EXERCISE REQUIREMENTS: Hunt through the lines below for the string "FieldStop" and copy each one that has it.

Saved data entries
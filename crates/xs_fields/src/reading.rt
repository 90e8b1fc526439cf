use crate::condition::Condition;

/// What a part of a unit denotes, and the first condition that it misses. The value is what is denoted where none is
/// missed; else nothing is said of it.
#[derive(Debug, Drop)]
pub struct Reading<T> {
    pub value: T,
    pub missed: Option<Condition>,
}
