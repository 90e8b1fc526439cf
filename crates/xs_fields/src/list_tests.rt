//! Words of a list over the variables `v`, `x[0][0]`, `x[0][1]` and `x[1][1]`.

ghost use Rattle.std.specs.Prelude.{◌≡◌, ◌∷◌, [], pos, codes, true, false, None, Some, IfOk};
ghost use Rattle.xs_model.specs.Outline.{outline_of};
ghost use Rattle.xs_model.specs.declared.decl.Decl.{Decl};

use crate::{read_terms, read_vars};
use std::alloc::Global;
use std::process::Abort;
use std::test::Fail;
use xf_num::{Domain, NoMemory, Row, Span, Text};
use xf_text::{FieldStop, Kind};
use xs_model::{Cells, Decl, NameStop, Names, Term};

fn text(alloc: Global, bytes: &[u8]) -> Result<Text, NoMemory>
    ensures { IfOk result (λ text. text ≡ bytes.now) }
{
    let mut text = Row::new(alloc);
    text.extend(bytes)?;
    Ok(text)
}

fn bits(alloc: Global) -> Result<Domain, NoMemory>
    ensures { IfOk result (λ domain. domain ≡ record { lo = pos 0; hi = pos 1 } ∷ []) }
{
    match Span::new(0, 1) {
        Some(span) => Domain::of(alloc, span),
        None => Err(NoMemory),
    }
}

// The variable `v`.
fn variable(alloc: Global) -> Result<Decl, NoMemory>
    ensures { IfOk result (λ d. d ≡ Decl.One (codes "v") (record { lo = pos 0; hi = pos 1 } ∷ [])) }
{
    let name = text(alloc, b"v")?;
    let domain = bits(alloc)?;
    Ok(Decl::One { name, domain })
}

fn cells(alloc: Global) -> Result<Cells, NoMemory>
    ensures { IfOk result (λ cells. cells ≡ Some (record { lo = pos 0; hi = pos 1 } ∷ []) ∷ Some (record { lo = pos 0; hi = pos 1 } ∷ []) ∷ None ∷ Some (record { lo = pos 0; hi = pos 1 } ∷ []) ∷ []) }
{
    let mut cells = Row::new(alloc);
    cells.push(Some(bits(alloc)?))?;
    cells.push(Some(bits(alloc)?))?;
    cells.push(None)?;
    cells.push(Some(bits(alloc)?))?;
    Ok(cells)
}

// The array `x` of two times two cells, of which `x[1][0]` is undefined.
fn array(alloc: Global) -> Result<Decl, NoMemory>
    ensures { IfOk result (λ d. d ≡ Decl.Array (codes "x") (pos 2 ∷ pos 2 ∷ []) (Some (record { lo = pos 0; hi = pos 1 } ∷ []) ∷ Some (record { lo = pos 0; hi = pos 1 } ∷ []) ∷ None ∷ Some (record { lo = pos 0; hi = pos 1 } ∷ []) ∷ [])) }
{
    let name = text(alloc, b"x")?;
    let cells = cells(alloc)?;
    let mut sizes = Row::new(alloc);
    sizes.extend(&[2, 2])?;
    Ok(Decl::Array { name, sizes, cells })
}

// The names of `v` and then `x`.
fn names(alloc: Global) -> Result<Names, NameStop>
    ensures { IfOk result (λ names. names ≡ outline_of (Decl.One (codes "v") (record { lo = pos 0; hi = pos 1 } ∷ [])) ∷ record { name = codes "x"; sizes = pos 2 ∷ pos 2 ∷ []; cells = true ∷ true ∷ false ∷ true ∷ [] } ∷ []) }
{
    let (Ok(v), Ok(x)) = (variable(alloc), array(alloc)) else {
        return Err(NameStop::Memory);
    };
    let mut names = Names::new(alloc);
    names.declare(&v)?;
    names.declare(&x)?;
    Ok(names)
}

fn lists_of_variables(rt: &impl Abort, alloc: Global) -> Result<(), Fail> {
    let Ok(names) = names(alloc) else {
        panic!(rt; "want of memory");
    };
    let rows: [(&[u8], &[u32]); 8] = [
        (b" v x[0][1] v ", &[0, 2, 0]),
        (b"x[][]", &[1, 2, 3]),
        (b"x[1][]", &[3]),
        (b"x[][0]", &[1]),
        (b"x[0..1][1]", &[2, 3]),
        (b"x[1][0..0]", &[]),
        (b"x[+0][01]", &[2]),
        (b"", &[]),
    ];
    for (text, want) in rows {
        match read_vars(alloc, text, &names, 3) {
            Ok(vars) => assert_eq!(rt; vars.as_slice(), want),
            Err(_) => assert!(rt; false),
        }
    }
    Ok(())
}

fn lists_of_terms(rt: &impl Abort, alloc: Global) -> Result<(), Fail> {
    let Ok(names) = names(alloc) else {
        panic!(rt; "want of memory");
    };
    let rows: [(&[u8], &[Term]); 5] = [
        (
            b"7 v -1x2",
            &[Term::Int(7), Term::Var(0), Term::Int(-1), Term::Int(-1)],
        ),
        (b"x[][]", &[Term::Var(1), Term::Var(2), Term::Var(3)]),
        (b"x[1][1] +3", &[Term::Var(3), Term::Int(3)]),
        (b"x[1][0..0]", &[]),
        (b" ", &[]),
    ];
    for (text, want) in rows {
        match read_terms(alloc, text, &names, 4) {
            Ok(terms) => assert_eq!(rt; terms.as_slice(), want),
            Err(_) => assert!(rt; false),
        }
    }
    Ok(())
}

fn refused_lists_of_terms(rt: &impl Abort, alloc: Global) {
    let Ok(names) = names(alloc) else {
        panic!(rt; "want of memory");
    };
    let rows: [(&[u8], Kind); 10] = [
        (b"w 1", Kind::Name),
        (b"x[1][0]", Kind::Name),
        (b"x[2][0]", Kind::Name),
        (b"x[0]", Kind::Name),
        (b"v[0]", Kind::Name),
        (b"1x0 w", Kind::Shape),
        (b"1x2x3", Kind::Shape),
        (b"85070591730234615865843651857942052864 w", Kind::Range),
        (b"v 1x4", Kind::Many),
        (b"x[][] v v", Kind::Many),
    ];
    for (text, want) in rows {
        match read_terms(alloc, text, &names, 4) {
            Ok(_) => assert!(rt; false),
            Err(stop) => assert_eq!(rt; stop, FieldStop::Refused(want)),
        }
    }
}

#[test]
fn lists(rt: HostRuntime) -> Result<(), Fail> {
    lists_of_variables(&rt, rt.alloc())?;
    lists_of_terms(&rt, rt.alloc())?;
    refused_lists_of_terms(&rt, rt.alloc());
    Ok(())
}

EXERCISE RESULT:
use xf_text::{FieldStop, Kind};
            Err(stop) => assert_eq!(rt; stop, FieldStop::Refused(want)),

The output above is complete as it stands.